[SUPPLIED ENTRIES]
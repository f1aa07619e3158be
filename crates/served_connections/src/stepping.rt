//! The law of the steps of a connection that is served. It is the contract of a function that does nothing: a caller
//! that needs the law calls the function.

ghost use Rattle.std.specs.Prelude.{◌≡◌, ◌≤◌, ℕ, List};
ghost use mathlib.Core.List.{IsPrefix};
ghost use Rattle.auction_calls.specs.declared.action.ActionCall.{ActionCall};
ghost use Rattle.boot_core.specs.declared.boot.Start.{Start};
ghost use Rattle.container_core.specs.Container.{ContainerValue, HasGrownBy, events_of};
ghost use Rattle.container_core.specs.History.{entries_in};
ghost use Rattle.container_core.specs.declared.history.Event.{Event};
ghost use Rattle.crash_base.specs.declared.numbers.WorkerNo.{WorkerNo};
ghost use Rattle.outside.specs.declared.link.LinkCounts.{LinkCounts};
ghost use Rattle.request_visit.specs.Advancing.{Advances};
ghost use Rattle.request_visit.specs.Stepping.{VisitsInside, VisitsWindows, counted};
ghost use Rattle.send_windows.specs.Windows.{WindowsValue};
ghost use Rattle.served_items.specs.Attributing.{Service};
ghost use Rattle.served_items.specs.Counting.{AreReached};
ghost use Rattle.session_cookie.specs.declared.cookie.TheConstants.{MAX_HOLDERS};
ghost use Rattle.shepherd.specs.Shepherds.{turn};
ghost use Rattle.shepherd.specs.Steps.{OpensStage, ShepherdSteps, VisitsOutside};
ghost use Rattle.shepherd.specs.declared.shepherd.Shepherd.{Shepherd};
ghost use Rattle.shepherd.specs.declared.shepherd.Stage.{Stage};
ghost use Rattle.served_connections.specs.Courses.{Begun, Course};
ghost use Rattle.served_connections.specs.Serving.{Serves, ServesAdding, ServesAtWindows, ServesCalling};

use call_ticket::Program;
use container_core::histories_grow;
use outside::{Clock, Link, Random, Serials};
use request_tries::ends_begin_with_the_first_try;
use request_visit::requests_account_for_their_events;
use served_items::{items_account_for_their_causes, items_are_held_in_order};
use session_way::ways_have_answers;
use shepherd::{
    ProgramMaker, ShepherdTurn, connections_account_for_what_they_add,
    connections_answer_their_requests, connections_go_on, connections_stand_with_their_requests,
};
use ssm_stub::answers_stay;

/// A connection is served behind each step of the request that is open: a call of the link, which has counted no less
/// than the connection saw last, and which its course then tells of; a call of the windows, which leaves marks; a call
/// of the container, whose history is the one that the connection saw last, or longer, and which adds events; the
/// making of its program, which the container's deployment accepts; and what it does by itself.
pub fn connections_are_served_behind_their_steps<
    P: Program,
    L: Link,
    M: ProgramMaker<P>,
    C: Clock,
    R: Random,
    S: Serials,
>()
    ensures outside { (service : Service M) (start : Start) (begun : Begun) (history : List Event)
        (counts : LinkCounts) (now : ℕ) (c : Course) (old new : Shepherd P) (link after : L)
        → turn old ≡ ShepherdTurn.Outside → AreReached counts (counted (L.tally link))
        → ShepherdSteps (λ v w. VisitsOutside L.makes L.tally v link w after) old new
        → Serves P.accepts P.asks L.makes M.makes R.gives S.looks service start begun history counts now c old
        → ServesCalling P.accepts P.asks L.makes M.makes R.gives S.looks service start begun history
        (counted (L.tally after)) now c new link after }
    ensures windows { (service : Service M) (start : Start) (begun : Begun) (history : List Event)
        (counts : LinkCounts) (now : ℕ) (c : Course) (old new : Shepherd P) (windows after : WindowsValue)
        → turn old ≡ ShepherdTurn.Windows → 1 ≤ windows.wq → windows.wq ≤ MAX_HOLDERS
        → ShepherdSteps (λ v w. VisitsWindows v windows w after) old new
        → Serves P.accepts P.asks L.makes M.makes R.gives S.looks service start begun history counts now c old
        → ServesAtWindows P.accepts P.asks L.makes M.makes R.gives S.looks service start begun history counts now c new
        windows after }
    ensures inside { (service : Service M) (start : Start) (begun : Begun) (history : List Event)
        (counts : LinkCounts) (now : ℕ) (c : Course) (old new : Shepherd P) (before after : ContainerValue)
        → IsPrefix history (events_of before) → entries_in before.since ≡ before.boot.entries
        → entries_in after.since ≡ after.boot.entries → HasGrownBy before after
        → ShepherdSteps (λ v w. VisitsInside P.asks v before w after) old new
        → Serves P.accepts P.asks L.makes M.makes R.gives S.looks service start begun history counts now c old
        → ServesAdding P.accepts P.asks L.makes M.makes R.gives S.looks service start begun before after counts now c
        new }
    ensures open { (service : Service M) (start : Start) (begun : Begun) (history : List Event) (counts : LinkCounts)
        (now : ℕ) (c : Course) (s : Shepherd P) (stage : Stage P) (worker : WorkerNo) → turn s ≡ ShepherdTurn.Program
        → ((call : ActionCall) (text : List ℕ) (program : P) → M.makes service.maker call text program
        → P.accepts program start.deployment)
        → OpensStage M.makes service.maker worker s.stage stage
        → Serves P.accepts P.asks L.makes M.makes R.gives S.looks service start begun history counts now c s
        → Serves P.accepts P.asks L.makes M.makes R.gives S.looks service start begun history counts now c
        (record s { stage = stage }) }
    ensures advance { (service : Service M) (start : Start) (begun : Begun) (history : List Event)
        (counts : LinkCounts) (now : ℕ) (c : Course) (old new : Shepherd P) → turn old ≡ ShepherdTurn.Own
        → ShepherdSteps (λ v w. Advances service.key v v.work w) old new
        → Serves P.accepts P.asks L.makes M.makes R.gives S.looks service start begun history counts now c old
        → Serves P.accepts P.asks L.makes M.makes R.gives S.looks service start begun history counts now c new }
{
    answers_stay();
    connections_account_for_what_they_add::<P, L, M>();
    connections_answer_their_requests::<P, L, M>();
    connections_go_on::<P, L, M>();
    connections_stand_with_their_requests::<P, L, M>();
    ends_begin_with_the_first_try();
    histories_grow();
    items_account_for_their_causes::<P, L, M, C, R, S>();
    items_are_held_in_order::<P, L, M, C, R, S>();
    requests_account_for_their_events::<P>();
    ways_have_answers();
}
[/SUPPLIED ENTRIES]
_WORK INSTRUCTIONS_: Copy the records above exactly, starting at the line that contains "stage = stage" and ending at the last line, and leave out all earlier lines.

_TASK ANSWER_:
        (record s { stage = stage }) }
    ensures advance { (service : Service M) (start : Start) (begun : Begun) (history : List Event)
        (counts : LinkCounts) (now : ℕ) (c : Course) (old new : Shepherd P) → turn old ≡ ShepherdTurn.Own
        → ShepherdSteps (λ v w. Advances service.key v v.work w) old new
        → Serves P.accepts P.asks L.makes M.makes R.gives S.looks service start begun history counts now c old
        → Serves P.accepts P.asks L.makes M.makes R.gives S.looks service start begun history counts now c new }
{
    answers_stay();
    connections_account_for_what_they_add::<P, L, M>();
    connections_answer_their_requests::<P, L, M>();
    connections_go_on::<P, L, M>();
    connections_stand_with_their_requests::<P, L, M>();
    ends_begin_with_the_first_try();
    histories_grow();
    items_account_for_their_causes::<P, L, M, C, R, S>();
    items_are_held_in_order::<P, L, M, C, R, S>();
    requests_account_for_their_events::<P>();
    ways_have_answers();
}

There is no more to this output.